Наступила оглушительная тишина, нарушаемая лишь потрескиванием остывающего ствола "Льюиса" да прерывистым дыханием бойцов. Воздух наполнился едким запахом пороха и тошнотворной вонью разлагающейся плоти, теперь уже свежей. Вокруг платформы и на склоне насыпи валялись неподвижные, изуродованные тела упырей. "Багряный закат" оправдал свое название, окрасив землю под бронепоездом в новые, зловещие тона.

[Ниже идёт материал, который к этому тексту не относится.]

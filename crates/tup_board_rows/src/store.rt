//! A site in memory with the files and the store of a project.
ghost use Rattle.std.specs.Prelude.{IsTrue};
ghost use Rattle.tup_table.specs.Table.{is_fresh};

use crate::quiet::Quiet;
use std::alloc::Global;
use tup_given::Project;
use tup_path::{Items, Path};
use tup_record::{OwnedState, Record, encode};
use tup_rows::RowFault;
use tup_rule::Rule;
use tup_site::MemSite;
use tup_table::{Change, Table, have_short_keys};

/// A site with the sources of a project, whose store has the project's rules, of which these are flagged, and owns their
/// outputs.
pub(crate) fn site_of(
    alloc: Global,
    project: &Project,
    flagged: &[u32],
) -> Result<Quiet, RowFault> {
    match MemSite::new(alloc, project.sources.clone()?.into_vec(), Vec::new(alloc)) {
        Ok(site) => with_store(alloc, Quiet::new(site), project.rules.as_slice(), flagged),
        Err(_) => Err(RowFault::OtherKind),
    }
}

/// A site with a store of these rules.
fn with_store(
    alloc: Global,
    mut site: Quiet,
    rules: &[Rule],
    flagged: &[u32],
) -> Result<Quiet, RowFault> {
    match write_store(alloc, &mut site, rules, flagged) {
        Ok(()) => Ok(site),
        Err(fault) => {
            drop(site);
            Err(fault)
        }
    }
}

fn write_store(
    alloc: Global,
    site: &mut Quiet,
    rules: &[Rule],
    flagged: &[u32],
) -> Result<(), RowFault> {
    match changes_of(alloc, rules, flagged) {
        Ok(changes) => {
            let done = make_store(alloc, site, changes.as_slice());
            drop(changes);
            done
        }
        Err(fault) => Err(fault),
    }
}

fn make_store(alloc: Global, site: &mut Quiet, changes: &[Change]) -> Result<(), RowFault> {
    match Table::make(alloc, site) {
        Ok(table) => commit(alloc, site, table, changes),
        Err(_) => Err(RowFault::OtherKind),
    }
}

/// Commits the first changes of a store.
fn commit(
    alloc: Global,
    site: &mut Quiet,
    mut table: Table,
    changes: &[Change],
) -> Result<(), RowFault>
    requires { IsTrue (is_fresh table) }
{
    let is_made = have_short_keys(changes) && table.commit(alloc, site, changes).is_ok();
    drop(table);
    if is_made {
        Ok(())
    } else {
        Err(RowFault::OtherKind)
    }
}

/// The records of some rules, of which these are flagged.
fn changes_of(alloc: Global, rules: &[Rule], flagged: &[u32]) -> Result<Items<Change>, RowFault> {
    let mut changes = Items::new(alloc);
    match put_all(alloc, &mut changes, rules, flagged) {
        Ok(()) => Ok(changes),
        Err(fault) => {
            drop(changes);
            Err(fault)
        }
    }
}

fn put_all(
    alloc: Global,
    changes: &mut Items<Change>,
    rules: &[Rule],
    flagged: &[u32],
) -> Result<(), RowFault> {
    put_rules(alloc, changes, rules)?;
    put_flags(alloc, changes, flagged)
}

fn put_rules(alloc: Global, changes: &mut Items<Change>, rules: &[Rule]) -> Result<(), RowFault> {
    for (rule, number) in rules.iter().zip(0..u32::MAX) {
        put_rule(alloc, changes, number, rule.clone()?)?;
        put_outputs(alloc, changes, number, rule.outputs.as_slice())?;
    }
    Ok(())
}

fn put_rule(
    alloc: Global,
    changes: &mut Items<Change>,
    number: u32,
    rule: Rule,
) -> Result<(), RowFault> {
    let place = number;
    let record = Record::Rule {
        number,
        place,
        rule,
    };
    put(alloc, changes, record)
}

/// The outputs of a rule are owned.
fn put_outputs(
    alloc: Global,
    changes: &mut Items<Change>,
    number: u32,
    paths: &[Path],
) -> Result<(), RowFault> {
    for path in paths {
        put_owned(alloc, changes, number, path.clone()?)?;
    }
    Ok(())
}

fn put_owned(
    alloc: Global,
    changes: &mut Items<Change>,
    number: u32,
    path: Path,
) -> Result<(), RowFault> {
    let record = Record::Owned {
        path,
        maker: Some(number),
        state: OwnedState::Never,
    };
    put(alloc, changes, record)
}

fn put_flags(alloc: Global, changes: &mut Items<Change>, flagged: &[u32]) -> Result<(), RowFault> {
    for number in flagged {
        put(alloc, changes, Record::Modify { number: *number })?;
    }
    Ok(())
}

fn put(alloc: Global, changes: &mut Items<Change>, record: Record) -> Result<(), RowFault> {
    let spelled = encode(alloc, &record);
    drop(record);
    match spelled {
        Ok((key, value)) => Ok(changes.push(Change::Put { key, value })?),
        Err(_) => Err(RowFault::OtherKind),
    }
}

Тишина, наступившая после короткой, яростной схватки, давила на уши. Запах пороха смешивался с отвратительным смрадом, исходящим от растерзанных тел упырей, валявшихся вокруг бронепоезда, словно жуткие трофеи. Петька, все еще возбужденный боем и гордый своими меткими выстрелами, украдкой поглядывал на Анку, которая, не говоря ни слова, методично перезаряжала диски к своему "Льюису". Ее лицо было спокойным, но в глубине серых глаз застыла ледяная сосредоточенность. Чапаев, вытирая шашку о край бурки, оглядывал поле недавней битвы. Морщины на его лбу залегли глубже. Даже такая маленькая победа в этом мире давалась дорогой ценой – ценой патронов, нервов и постоянно висящей над ними угрозы.

Фурманов, поправив съехавшую набок фуражку, подошел к краю платформы. – Вот она, звериная сущность контрреволюции, доведенная до своего логического конца, – проговорил он, глядя на неподвижные тела. – Слепая, бездумная жажда разрушения. Наша задача – не только выжить, но и сохранить в себе человека, товарищи, не уподобиться им.

В этот момент из радиорубки, располагавшейся в одном из передних вагонов, высунулся бледный, взъерошенный радист – молодой парень по фамилии Синицын, еще до войны мечтавший о небе и самолетах, а теперь вслушивающийся в треск эфира, ловящий обрывки сигналов из умирающего мира.

– Товарищ командир! Товарищ комиссар! – его голос дрожал от волнения и плохо скрываемого страха. – Срочная шифровка! Из Самары! Высшей важности!

Он протянул Чапаеву листок бумаги, исписанный неровными карандашными строчками.

Чапаев взял листок, его взгляд быстро пробежал по коротким, рубленым фразам шифровки. Петька и Анка подошли ближе, Фурманов заглядывал комдиву через плечо. По мере чтения лицо Василия Ивановича становилось все более каменным. Только желваки, заходившие под загорелой кожей, выдавали внутреннее напряжение.

– Ну, что там, Василий Иваныч? – не выдержал Петька, видя, как мрачнеет его командир.

Чапаев медленно поднял голову. Его глаза, обычно горевшие то насмешливым огоньком, то яростью боя, сейчас были темными, как заволжская ночь.

– Москва… – глухо произнес он. Голос, только что гремевший над полем боя, теперь звучал приглушенно, словно из-под земли. – Москва в кольце. Орда… гигантская. Пишут, такой еще не было. Кремль держится, но… ситуация критическая.

Он сделал паузу, обводя тяжелым взглядом своих бойцов. Анка застыла, ее рука, сжимавшая запасной диск, побелела. На лице Петьки застыло выражение недоумения, сменившееся ужасом. Фурманов выпрямился, словно аршин проглотил, его губы сжались в тонкую, решительную линию.

– Наша дивизия, – Чапаев снова посмотрел в листок, словно, не веря собственным глазам, – "Бронепоезд "Победа"… Оказывается, мы сейчас – ближайшее к Москве боеспособное соединение. Из тех, кто еще на ходу и может драться. – Он усмехнулся, но усмешка вышла кривой и горькой. – Вот так, Петька. Довоевались. Герои последней надежды, мать их…

– И что… что приказывают? – тихо спросила Анка, ее голос был ровным, но в нем слышались стальные нотки. Она уже поняла, к чему идет дело.

– Приказ, – Чапаев скомкал листок в кулаке так, что хрустнула бумага. – Прост, как солдатская пайка. Прорываться к столице. Любой ценой. Оказать содействие обороняющимся. Попытаться деблокировать город. – Он обвел взглядом горизонт, туда, на запад, где за тысячей пятьюстами верст гибла Москва. – Любой ценой, значит… головой об стену.